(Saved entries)
= = = = =
impl<
    F: Fn(
        Global,
        usize,
        &Scope<'_>,
        &mut TypingState,
        Option<&Ty>,
        &Expr,
    ) -> Result<(Expr, Ty), TypeFault>,
> Checker<F> {
    /// Arguments, each with the type that is wanted of it.
    #[tactic(auto, unfolding(plan_types_spec::specs::TypingOrder::arguments))]
    fn arguments(
        &self,
        scope: &Scope<'_>,
        state: &mut TypingState,
        at: u32,
        wants: &Tys,
        es: &Exprs,
    ) -> Result<Exprs, TypeFault>
        requires { Nests self.now.depth (F.pre self.now.run) (F.post self.now.run) }
        ensures meets { Meets (spec.arguments scope.now.code.now scope.now.seen (below scope.now
            self.now.depth) state.old.ctx at wants.now es.now state.old.node) result
            state.new.node }
        ensures keeps { state.new.ctx ≡ state.old.ctx }
    {
        if es.len() != wants.len() {
            return Err(TypeFault::Arity(Place::Node(at)));
        }
        match self.parts(scope, state, Some(wants), es.as_slice()) {
            Ok((given, types)) => {
                drop(types);
                Ok(given)
            }
            Err(fault) => Err(fault),
        }
    }

    /// A call by its parameters' types and its result's.
    #[tactic(auto, unfolding(plan_types_spec::specs::TypingOrder::applied_call))]
    fn check_call(
        &self,
        scope: &Scope<'_>,
        state: &mut TypingState,
        at: u32,
        want: Option<&Ty>,
        f: &Name,
        es: &Exprs,
        wants: &Tys,
        ty: &Ty,
    ) -> Result<(Expr, Ty), TypeFault>
        requires { Nests self.now.depth (F.pre self.now.run) (F.post self.now.run) }
        ensures meets { Meets (spec.applied_call scope.now.code.now scope.now.seen (below scope.now
            self.now.depth) state.old.ctx at (option_copied want.entry) f.now es.now wants.now
            ty.now state.old.node) result state.new.node }
        ensures keeps { state.new.ctx ≡ state.old.ctx }
    {
        match self.arguments(scope, state, at, wants, es) {
            Ok(given) => match ty.copy(self.alloc) {
                Ok(ty) => call_of(self.alloc, at, state.node, want, f, given, ty),
                Err(NoMemory) => {
                    drop(given);
                    Err(TypeFault::NoMemory)
                }
            },
            Err(fault) => Err(fault),
        }
    }

    /// A primitive that takes one list of any type.
    #[tactic(auto, unfolding(plan_types_spec::specs::TypingOrder::of_items))]
    fn of_items(
        &self,
        scope: &Scope<'_>,
        state: &mut TypingState,
        at: u32,
        want: Option<&Ty>,
        f: &Name,
        prim: Primitive,
        es: &Exprs,
    ) -> Result<(Expr, Ty), TypeFault>
        requires { Nests self.now.depth (F.pre self.now.run) (F.post self.now.run) }
        ensures meets { Meets (spec.of_items scope.now.code.now scope.now.seen (below scope.now
            self.now.depth) state.old.ctx at (option_copied want.entry) f.now prim es.now
            state.old.node) result state.new.node }
        ensures keeps { state.new.ctx ≡ state.old.ctx }
    {
        if es.len() != 1 {
            return Err(TypeFault::Arity(Place::Node(at)));
        }
        match self.parts(scope, state, None, es.as_slice()) {
            Ok((given, types)) => match type_given(self.alloc, at, prim, types) {
                Ok(ty) => call_of(self.alloc, at, state.node, want, f, given, ty),
                Err(fault) => {
                    drop(given);
                    Err(fault)
                }
            },
            Err(fault) => Err(fault),
        }
    }

    /// A primitive.
    #[tactic(auto, unfolding(plan_types_spec::specs::TypingOrder::primitive))]
    fn primitive(
        &self,
        scope: &Scope<'_>,
        state: &mut TypingState,
        at: u32,
        want: Option<&Ty>,
        f: &Name,
        prim: Primitive,
        es: &Exprs,
    ) -> Result<(Expr, Ty), TypeFault>
        requires { Nests self.now.depth (F.pre self.now.run) (F.post self.now.run) }
        ensures meets { Meets (spec.primitive scope.now.code.now scope.now.seen (below scope.now
            self.now.depth) state.old.ctx at (option_copied want.entry) f.now prim es.now
            state.old.node) result state.new.node }
        ensures keeps { state.new.ctx ≡ state.old.ctx }
    {
        match takes(self.alloc, prim) {
            Ok(Some(wants)) => {
                let ty = makes(prim);
                let found = self.check_call(scope, state, at, want, f, es, &wants, &ty);
                drop(wants);
                drop(ty);
                found
            }
            Ok(None) => self.of_items(scope, state, at, want, f, prim, es),
            Err(NoMemory) => Err(TypeFault::NoMemory),
        }
    }

    /// A function of the program, which must be an earlier one.
    #[tactic(auto, unfolding(plan_types_spec::specs::TypingOrder::function))]
    fn function(
        &self,
        scope: &Scope<'_>,
        state: &mut TypingState,
        at: u32,
        want: Option<&Ty>,
        f: &Name,
        es: &Exprs,
    ) -> Result<(Expr, Ty), TypeFault>
        requires { Nests self.now.depth (F.pre self.now.run) (F.post self.now.run) }
        ensures meets { Meets (spec.function scope.now.code.now scope.now.seen (below scope.now
            self.now.depth) state.old.ctx at (option_copied want.entry) f.now es.now state.old.node)
            result state.new.node }
        ensures keeps { state.new.ctx ≡ state.old.ctx }
    {
        let fun = match earlier(scope.code, scope.seen, f) {
            Some(fun) => fun,
            None => return Err(not_earlier(scope.code, f, at)),
        };
        match param_types(self.alloc, fun.params.as_slice()) {
            Ok(wants) => {
                let found = self.check_call(scope, state, at, want, f, es, &wants, &fun.result);
                drop(wants);
                found
            }
            Err(NoMemory) => Err(TypeFault::NoMemory),
        }
    }

    /// A call of a primitive, a service or a function.
    #[tactic(auto, unfolding(plan_types_spec::specs::TypingOrder::call))]
    pub fn call(
        &self,
        scope: &Scope<'_>,
        state: &mut TypingState,
        at: u32,
        want: Option<&Ty>,
        f: &Name,
        es: &Exprs,
    ) -> Result<(Expr, Ty), TypeFault>
        requires { Nests self.now.depth (F.pre self.now.run) (F.post self.now.run) }
        ensures meets { Meets (spec.call scope.now.code.now scope.now.seen (below scope.now
            self.now.depth) state.old.ctx at (option_copied want.entry) f.now es.now state.old.node)
            result state.new.node }
        ensures keeps { state.new.ctx ≡ state.old.ctx }
    {
        if let Some(prim) = prim_of(f) {
            return self.primitive(scope, state, at, want, f, prim, es);
        }
        match service_of(f, scope.code.svcs.as_slice()) {
            Some(svc) => self.check_call(scope, state, at, want, f, es, &svc.params, &svc.result),
            None => self.function(scope, state, at, want, f, es),
        }
    }

    /// A list of such items in a box.
    fn wanting_list(
        &self,
        scope: &Scope<'_>,
        state: &mut TypingState,
        item: &Ty,
        e: &Boxed<Expr>,
    ) -> Result<Boxed<Expr>, TypeFault>
        requires { Nests self.now.depth (F.pre self.now.run) (F.post self.now.run) }
        ensures meets { Meets (spec.wanting scope.now.code.now scope.now.seen (below scope.now
            self.now.depth) state.old.ctx (Ty.List item.now) e.now state.old.node) result
            state.new.node }
        ensures keeps { state.new.ctx ≡ state.old.ctx }
    {
        let item = item.copy(self.alloc)?;
        match list_of(self.alloc, item) {
            Ok(list) => {
                let found = self.wanting_boxed(scope, state, &list, e);
                drop(list);
                found
            }
            Err(NoMemory) => Err(TypeFault::NoMemory),
        }
    }

    /// `foldl`.
    #[tactic(auto, unfolding(plan_types_spec::specs::TypingOrder::fold_left, plan_types_spec::specs::TypingOrder::folding))]
    pub fn fold_left(
        &self,
        scope: &Scope<'_>,
        state: &mut TypingState,
        at: u32,
        want: Option<&Ty>,
        f: &Name,
        a: &Boxed<Expr>,
        l: &Boxed<Expr>,
    ) -> Result<(Expr, Ty), TypeFault>
        requires { Nests self.now.depth (F.pre self.now.run) (F.post self.now.run) }
        ensures meets { Meets (spec.fold_left scope.now.code.now scope.now.seen (below scope.now
            self.now.depth) state.old.ctx at (option_copied want.entry) f.now a.now l.now
            state.old.node) result state.new.node }
        ensures keeps { state.new.ctx ≡ state.old.ctx }
    {
        let fun = match earlier(scope.code, scope.seen, f) {
            Some(fun) => fun,
            None => return Err(not_earlier(scope.code, f, at)),
        };
        match fun.params.as_slice() {
            [first, second] => {
                let start = self.wanting_boxed(scope, state, &first.ty, a)?;
                match self.wanting_list(scope, state, &second.ty, l) {
                    Ok(items) => {
                        let whole = left_fold(self.alloc, f, start, items)?;
                        let (begun, gives) = (&first.ty, &fun.result);
                        folded(self.alloc, at, state.node, want, whole, begun, gives)
                    }
                    Err(fault) => {
                        drop(start);
                        Err(fault)
                    }
                }
            }
            _ => Err(TypeFault::Arity(Place::Node(at))),
        }
    }

    /// `foldr`.
    #[tactic(auto, unfolding(plan_types_spec::specs::TypingOrder::fold_right, plan_types_spec::specs::TypingOrder::folding))]
    pub fn fold_right(
        &self,
        scope: &Scope<'_>,
        state: &mut TypingState,
        at: u32,
        want: Option<&Ty>,
        f: &Name,
        a: &Boxed<Expr>,
        l: &Boxed<Expr>,
    ) -> Result<(Expr, Ty), TypeFault>
        requires { Nests self.now.depth (F.pre self.now.run) (F.post self.now.run) }
        ensures meets { Meets (spec.fold_right scope.now.code.now scope.now.seen (below scope.now
            self.now.depth) state.old.ctx at (option_copied want.entry) f.now a.now l.now
            state.old.node) result state.new.node }
        ensures keeps { state.new.ctx ≡ state.old.ctx }
    {
        let fun = match earlier(scope.code, scope.seen, f) {
            Some(fun) => fun,
            None => return Err(not_earlier(scope.code, f, at)),
        };
        match fun.params.as_slice() {
            [first, second] => {
                let start = self.wanting_boxed(scope, state, &second.ty, a)?;
                match self.wanting_list(scope, state, &first.ty, l) {
                    Ok(items) => {
                        let whole = right_fold(self.alloc, f, start, items)?;
                        let (begun, gives) = (&second.ty, &fun.result);
                        folded(self.alloc, at, state.node, want, whole, begun, gives)
                    }
                    Err(fault) => {
                        drop(start);
                        Err(fault)
                    }
                }
            }
            _ => Err(TypeFault::Arity(Place::Node(at))),
        }
    }

    /// A chunk literal, whose entry is any function of the program.
    #[tactic(auto, unfolding(plan_types_spec::specs::TypingOrder::packing))]
    pub fn packing(
        &self,
        scope: &Scope<'_>,
        state: &mut TypingState,
        at: u32,
        want: Option<&Ty>,
        f: &Name,
        es: &Exprs,
    ) -> Result<(Expr, Ty), TypeFault>
        requires { Nests self.now.depth (F.pre self.now.run) (F.post self.now.run) }
        ensures meets { Meets (spec.packing scope.now.code.now scope.now.seen (below scope.now
            self.now.depth) state.old.ctx at (option_copied want.entry) f.now es.now state.old.node)
            result state.new.node }
        ensures keeps { state.new.ctx ≡ state.old.ctx }
    {
        let fun = match fun_of(scope.code, f) {
            Some(fun) => fun,
            None => return Err(TypeFault::UnknownName(Place::Node(at))),
        };
        let wants = param_types(self.alloc, fun.params.as_slice())?;
        let given = self.arguments(scope, state, at, &wants, es);
        drop(wants);
        match given {
            Ok(given) => chunk_of(self.alloc, at, state.node, want, f, given),
            Err(fault) => Err(fault),
        }
    }
}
= = = = =
• Assigned task:
Among the lines above, find those carrying the word "drop" and copy them out.

• Answer section:
                drop(types);
                    drop(given);
                    drop(given);
                drop(wants);
                drop(ty);
                drop(wants);
                drop(list);
                        drop(start);
                        drop(start);
        drop(wants);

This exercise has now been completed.